▶ _Task details_
Below is a listing. Write out exactly its lines between the one holding "filename crates/nofs_pages/src/put_pages.rt" and the one holding "length pages.new.items ≡", inclusive.

▶ _Available data_
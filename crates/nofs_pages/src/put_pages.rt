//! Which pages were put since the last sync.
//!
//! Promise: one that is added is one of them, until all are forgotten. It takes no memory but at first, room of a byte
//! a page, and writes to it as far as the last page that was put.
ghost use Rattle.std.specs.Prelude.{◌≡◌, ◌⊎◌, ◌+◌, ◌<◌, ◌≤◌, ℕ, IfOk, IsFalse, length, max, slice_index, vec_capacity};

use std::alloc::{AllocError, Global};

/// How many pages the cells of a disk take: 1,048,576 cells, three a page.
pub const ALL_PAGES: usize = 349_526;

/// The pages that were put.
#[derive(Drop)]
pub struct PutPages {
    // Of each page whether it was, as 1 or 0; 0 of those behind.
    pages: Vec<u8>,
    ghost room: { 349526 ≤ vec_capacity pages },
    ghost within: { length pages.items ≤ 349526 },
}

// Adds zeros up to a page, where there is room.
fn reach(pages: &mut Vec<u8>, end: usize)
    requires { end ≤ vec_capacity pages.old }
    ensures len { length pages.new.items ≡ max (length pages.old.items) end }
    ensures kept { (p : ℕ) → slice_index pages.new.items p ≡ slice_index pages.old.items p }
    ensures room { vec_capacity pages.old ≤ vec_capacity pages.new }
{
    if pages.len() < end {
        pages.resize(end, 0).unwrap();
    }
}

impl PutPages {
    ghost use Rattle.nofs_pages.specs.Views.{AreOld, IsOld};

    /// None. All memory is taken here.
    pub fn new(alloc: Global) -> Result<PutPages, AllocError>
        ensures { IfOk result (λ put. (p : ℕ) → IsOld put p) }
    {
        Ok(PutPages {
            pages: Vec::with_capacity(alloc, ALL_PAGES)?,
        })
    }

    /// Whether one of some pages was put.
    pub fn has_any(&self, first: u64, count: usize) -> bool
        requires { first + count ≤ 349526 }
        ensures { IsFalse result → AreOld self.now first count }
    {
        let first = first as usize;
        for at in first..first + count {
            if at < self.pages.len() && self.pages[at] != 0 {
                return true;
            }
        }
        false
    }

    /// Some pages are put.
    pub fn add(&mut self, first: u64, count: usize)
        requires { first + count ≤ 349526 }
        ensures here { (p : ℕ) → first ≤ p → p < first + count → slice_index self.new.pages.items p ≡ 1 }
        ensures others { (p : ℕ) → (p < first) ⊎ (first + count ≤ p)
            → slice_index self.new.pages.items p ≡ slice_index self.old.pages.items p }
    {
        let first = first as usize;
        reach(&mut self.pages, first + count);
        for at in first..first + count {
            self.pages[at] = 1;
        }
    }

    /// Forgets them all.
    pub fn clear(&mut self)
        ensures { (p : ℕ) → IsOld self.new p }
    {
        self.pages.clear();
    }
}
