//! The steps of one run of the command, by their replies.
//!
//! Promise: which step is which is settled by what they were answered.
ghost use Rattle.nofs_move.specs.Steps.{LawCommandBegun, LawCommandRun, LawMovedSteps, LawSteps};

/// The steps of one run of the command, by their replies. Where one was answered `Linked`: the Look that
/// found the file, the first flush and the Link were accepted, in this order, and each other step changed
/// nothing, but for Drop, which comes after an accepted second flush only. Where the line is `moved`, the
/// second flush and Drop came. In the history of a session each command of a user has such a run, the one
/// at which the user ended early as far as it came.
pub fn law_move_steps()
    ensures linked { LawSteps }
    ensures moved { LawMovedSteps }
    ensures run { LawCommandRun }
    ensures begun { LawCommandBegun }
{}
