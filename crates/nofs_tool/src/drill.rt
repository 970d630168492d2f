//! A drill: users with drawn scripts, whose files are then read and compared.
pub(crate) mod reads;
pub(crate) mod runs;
--
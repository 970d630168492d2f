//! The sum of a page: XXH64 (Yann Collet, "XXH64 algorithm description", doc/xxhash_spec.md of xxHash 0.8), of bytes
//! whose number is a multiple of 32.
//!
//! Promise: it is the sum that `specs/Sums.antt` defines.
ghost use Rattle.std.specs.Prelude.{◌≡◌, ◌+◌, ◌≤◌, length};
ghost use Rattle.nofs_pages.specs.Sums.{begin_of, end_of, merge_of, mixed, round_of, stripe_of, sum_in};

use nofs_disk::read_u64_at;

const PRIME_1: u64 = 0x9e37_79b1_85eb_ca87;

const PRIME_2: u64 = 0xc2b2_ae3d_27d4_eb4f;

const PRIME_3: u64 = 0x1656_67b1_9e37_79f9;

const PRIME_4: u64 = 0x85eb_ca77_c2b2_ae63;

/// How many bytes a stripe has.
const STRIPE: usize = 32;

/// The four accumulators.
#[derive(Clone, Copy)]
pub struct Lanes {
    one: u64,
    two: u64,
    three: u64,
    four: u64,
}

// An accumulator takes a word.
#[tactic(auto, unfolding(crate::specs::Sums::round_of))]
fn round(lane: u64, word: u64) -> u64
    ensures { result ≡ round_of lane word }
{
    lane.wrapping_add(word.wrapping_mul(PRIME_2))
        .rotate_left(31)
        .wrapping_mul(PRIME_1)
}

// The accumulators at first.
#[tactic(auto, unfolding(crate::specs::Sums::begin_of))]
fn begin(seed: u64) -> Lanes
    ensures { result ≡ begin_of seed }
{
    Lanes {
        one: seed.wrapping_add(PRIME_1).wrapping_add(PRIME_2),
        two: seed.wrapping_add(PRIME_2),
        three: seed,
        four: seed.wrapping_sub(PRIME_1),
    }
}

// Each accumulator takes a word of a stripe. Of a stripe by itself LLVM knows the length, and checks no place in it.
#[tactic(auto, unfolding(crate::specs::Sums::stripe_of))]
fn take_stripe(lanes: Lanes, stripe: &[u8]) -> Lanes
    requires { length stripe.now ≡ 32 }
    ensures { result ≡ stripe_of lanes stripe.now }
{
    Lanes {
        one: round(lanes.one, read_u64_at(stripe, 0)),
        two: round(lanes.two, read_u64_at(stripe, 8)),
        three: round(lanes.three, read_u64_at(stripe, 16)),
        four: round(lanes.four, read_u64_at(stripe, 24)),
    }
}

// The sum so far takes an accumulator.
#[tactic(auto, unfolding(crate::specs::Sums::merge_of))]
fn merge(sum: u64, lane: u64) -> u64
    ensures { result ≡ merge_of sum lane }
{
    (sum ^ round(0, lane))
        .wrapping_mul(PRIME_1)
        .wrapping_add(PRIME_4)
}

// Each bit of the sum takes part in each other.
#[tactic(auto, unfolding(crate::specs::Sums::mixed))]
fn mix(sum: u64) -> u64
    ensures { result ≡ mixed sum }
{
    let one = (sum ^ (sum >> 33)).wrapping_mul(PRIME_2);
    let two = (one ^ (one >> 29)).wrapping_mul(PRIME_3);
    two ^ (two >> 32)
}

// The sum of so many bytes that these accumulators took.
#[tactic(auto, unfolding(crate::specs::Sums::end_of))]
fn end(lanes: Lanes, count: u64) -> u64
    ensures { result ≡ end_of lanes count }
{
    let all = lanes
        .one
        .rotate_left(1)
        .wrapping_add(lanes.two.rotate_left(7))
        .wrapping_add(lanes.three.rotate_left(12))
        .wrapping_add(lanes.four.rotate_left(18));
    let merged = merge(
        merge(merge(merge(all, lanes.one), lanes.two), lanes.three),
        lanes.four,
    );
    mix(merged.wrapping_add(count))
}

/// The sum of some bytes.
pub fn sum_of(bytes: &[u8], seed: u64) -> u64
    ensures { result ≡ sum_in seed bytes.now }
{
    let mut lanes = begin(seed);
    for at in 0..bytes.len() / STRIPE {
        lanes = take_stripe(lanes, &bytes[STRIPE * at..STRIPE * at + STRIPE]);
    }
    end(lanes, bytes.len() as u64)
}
---
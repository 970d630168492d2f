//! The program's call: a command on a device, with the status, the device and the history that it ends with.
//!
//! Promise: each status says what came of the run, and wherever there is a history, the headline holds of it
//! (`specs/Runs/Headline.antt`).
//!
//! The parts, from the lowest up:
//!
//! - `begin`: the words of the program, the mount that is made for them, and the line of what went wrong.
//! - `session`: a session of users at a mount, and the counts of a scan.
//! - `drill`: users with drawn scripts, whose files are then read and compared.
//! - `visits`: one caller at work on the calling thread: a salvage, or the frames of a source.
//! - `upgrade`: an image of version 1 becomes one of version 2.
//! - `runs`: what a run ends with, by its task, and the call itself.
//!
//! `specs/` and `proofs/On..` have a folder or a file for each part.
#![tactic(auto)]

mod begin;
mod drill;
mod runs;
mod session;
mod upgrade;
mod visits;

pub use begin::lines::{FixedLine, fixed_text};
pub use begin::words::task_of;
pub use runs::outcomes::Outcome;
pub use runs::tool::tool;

▶ _Task answer_
filename crates/nofs_pages/src/put_pages.rt
//! Which pages were put since the last sync.
//!
//! Promise: one that is added is one of them, until all are forgotten. It takes no memory but at first, room of a byte
//! a page, and writes to it as far as the last page that was put.
ghost use Rattle.std.specs.Prelude.{◌≡◌, ◌⊎◌, ◌+◌, ◌<◌, ◌≤◌, ℕ, IfOk, IsFalse, length, max, slice_index, vec_capacity};

use std::alloc::{AllocError, Global};

/// How many pages the cells of a disk take: 1,048,576 cells, three a page.
pub const ALL_PAGES: usize = 349_526;

/// The pages that were put.
#[derive(Drop)]
pub struct PutPages {
    // Of each page whether it was, as 1 or 0; 0 of those behind.
    pages: Vec<u8>,
    ghost room: { 349526 ≤ vec_capacity pages },
    ghost within: { length pages.items ≤ 349526 },
}

// Adds zeros up to a page, where there is room.
fn reach(pages: &mut Vec<u8>, end: usize)
    requires { end ≤ vec_capacity pages.old }
    ensures len { length pages.new.items ≡ max (length pages.old.items) end }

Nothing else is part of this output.